The Maternity Penalty is a Governance Failure
Mar 17, 2026I had my first son at 19.
I was working in the bank at the time, and if I’m honest, I wasn’t thinking about career progression, board presence, or bonuses.
I was thinking about survival.
Rent, childcare, sleep. In that order.
I remember returning from maternity leave at the tender age of 20. The looks, the questions, the subtle judgment, the unspoken “Isn't she a bit young?”
No one was asking me about my five-year plan. Fast forward a decade or so, and the tone changed.
Now it was admiration: “How did you become so successful whilst being so young and having a young family?”
Trust me, it wasn’t in the plan.
It was simply the cards I was dealt, combined with a very clear ambition not to stay where I started.
Over time, as I became more senior and began mentoring younger women, one question kept cropping up.
Babies or bonuses?
As if we have no choice but to pick.
Women from all over the world have asked me how I made that decision, desperate for answers on how to really have it all.
Were there sacrifices? Absolutely.
Some seasons I worked more than I mothered. In other seasons, I mothered more than I worked.
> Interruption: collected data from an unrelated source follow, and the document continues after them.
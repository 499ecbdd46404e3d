//! The locations that an input gives, and choice words.
ghost use Rattle.std.specs.Prelude.{◌≡◌, ◌++◌, OnOk, map, decimal, option_copied};
ghost use Rattle.asm_text.specs.Texts.{joint, location_line, with_commas};
ghost use Rattle.ref_report.specs.Texts as spec;

use asm_domain::Value;
use asm_node::Input;
use asm_sign::Signature;
use asm_source::{Text, append_number, append_str};
use asm_text::{print_location, print_value};
use std::alloc::AllocError;

/// Appends a line for each location that the input gives, in their order.
pub fn append_input(signature: &Signature, input: &Input, text: &mut Text) -> Result<(), AllocError>
    ensures { OnOk result (text.new ≡ text.old ++ spec.input_text signature.now input.now) }
{
    'slots: for slot in 0..signature.slots() {
        append_given(signature, slot, input.get(slot), text)?;
    }
    Ok(())
}

/// Appends the line of a location, if it is given a value.
fn append_given(
    signature: &Signature,
    slot: u32,
    value: Option<&Value>,
    text: &mut Text,
) -> Result<(), AllocError>
    ensures { OnOk result (text.new ≡ text.old ++ spec.given_line signature.now slot (option_copied value.entry)) }
{
    match value {
        Some(value) => append_location(signature, slot, value, text),
        None => Ok(()),
    }
}

/// Appends the line of a location with its value.
fn append_location(
    signature: &Signature,
    slot: u32,
    value: &Value,
    text: &mut Text,
) -> Result<(), AllocError>
    ensures { OnOk result (text.new ≡ text.old ++ location_line signature.now slot value.now) }
{
    append_str(text, "  ")?;
    print_location(signature, slot, text)?;
    append_str(text, " = ")?;
    print_value(signature, value, text)?;
    append_str(text, "\n")
}

/// Appends the line of choice words.
pub fn append_choices(words: &[u32], text: &mut Text) -> Result<(), AllocError>
    ensures { OnOk result (text.new ≡ text.old ++ spec.choices_line words.now) }
{
    append_str(text, "choices ")?;
    append_words(words, text)?;
    append_str(text, "\n")
}

/// Appends words with commas between them, or `none`.
fn append_words(words: &[u32], text: &mut Text) -> Result<(), AllocError>
    ensures { OnOk result (text.new ≡ text.old ++ spec.words_text words.now) }
{
    if words.is_empty() {
        return append_str(text, "none");
    }
    append_listed(words, text)
}

/// Appends words with commas between them.
fn append_listed(words: &[u32], text: &mut Text) -> Result<(), AllocError>
    ensures { OnOk result (text.new ≡ text.old ++ with_commas (map decimal words.now)) }
{
    'words: for (index, word) in words.iter().enumerate() {
        append_str(text, joint(index))?;
        append_number(text, *word as u64)?;
    }
    Ok(())
}

/// What stands before the word at this place.
fn joint(index: usize) -> &'static str
    ensures { result.now ≡ joint index }
{
    if index == 0 { "" } else { "," }
}
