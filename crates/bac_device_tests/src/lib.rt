//! What no script can show of a device, and callers that see public contracts alone. Datagrams and
//! their answers, samples and the clock are scripts in examples/scripts.
#![tactic(auto)]

#[cfg(test)]
mod commanding;
#[cfg(test)]
mod names;
#[cfg(test)]
mod plant;
#[cfg(test)]
mod runs;
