//! A name that no script can give. Which other lines are refused is in examples/check/lines.rows.

use crate::plant::{name, plant};
use bac_device::{BuildFault, Device, ObjectLine};
use std::alloc::Global;

/// What is wrong with a device without a name, and with a reply size that is none.
fn fault_of_device(alloc: Global) -> Option<BuildFault> {
    let line = plant(alloc, 4_194_302, "", 49)?;
    Device::build(alloc, &line, &[]).err()
}

/// Binary Value 4194303, which is none, without a name.
fn binary(alloc: Global) -> Option<ObjectLine> {
    Some(ObjectLine::Binary {
        instance: 4_194_303,
        name: name(alloc, "")?,
        default: 0,
    })
}

/// What is wrong with a device that has that object.
fn fault_of_object(alloc: Global) -> Option<BuildFault> {
    let line = plant(alloc, 123, "plant", 1476)?;
    let object = binary(alloc)?;
    Device::build(alloc, &line, &[object]).err()
}

#[test]
fn a_name_has_an_octet(rt: HostRuntime) {
    // The fault of the name comes before that of the reply size.
    assert_eq!(rt; fault_of_device(rt.alloc()), Some(BuildFault::BadName));
    assert_eq!(rt; fault_of_object(rt.alloc()), Some(BuildFault::BadInstance));
}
There were years of constant recalibration and questioning.
Babies or bonuses?
It never features in the leadership framework. No one mentions it aloud in performance reviews, but it hums beneath ambition, maternity leave, and promotion decisions.
Reaching senior leadership is not just about capability.
For many women, it’s about endurance.
As I climbed higher, breaking pay brackets and leading global teams, the higher I rose, the heavier it felt.
Longer hours.
More travel.
More scrutiny.
At home, I was still the emotional centre of my family. At work, I was expected to be composed, strategic, commercially sharp, and culturally aware at the same time.
When you’re the only woman in the boardroom, not to mention the only Black woman, there is an added layer.
You are hyper-visible and invisible at the same time.
Visible enough to be recognised. Invisible when your idea is better shared by someone else.
As women, we navigate the so-called "harmless” jokes, the nicknames, and the drinking culture that sometimes crosses into uncomfortable territory, followed by an embarrassed apology the next morning that everyone pretends resolves the issue.
We recalibrate. We smile. We strive for excellence.
Because excellence is not optional.
When you are the only one, you don’t get to be average. You don’t get to have a bad day. You don’t get to be “developing.” You must be exceptional. Consistently.
For many women, particularly women of colour, excellence becomes armour.
You over-prepare. You overdeliver. You anticipate objections before they are spoken. Not because you lack confidence, but because you understand the margin for error is thinner.
I often get asked the age-old question, “Can women have it all?” How many times will we keep asking the same thing? My answer has always been the same: yes, but not all at once. Recently, though, I’ve started asking a different question. Do we want it all?
Because if I’m honest… I am exhausted from this mythology of “having it all.” What most people don't see is the candle burning from both ends; the challenge looks different depending on where you are on the ladder.
As a senior woman, the strain is heavy; the higher you climb, the more you carry.
More scrutiny. More visibility. More pressure to perform flawlessly. If you’re the only woman in the boardroom, the margin for error shrinks even further. As we climb the ladder, we are grateful for the position, anxious about our tone, excited about the impact of sending the ladder down, and late for school pickup... again!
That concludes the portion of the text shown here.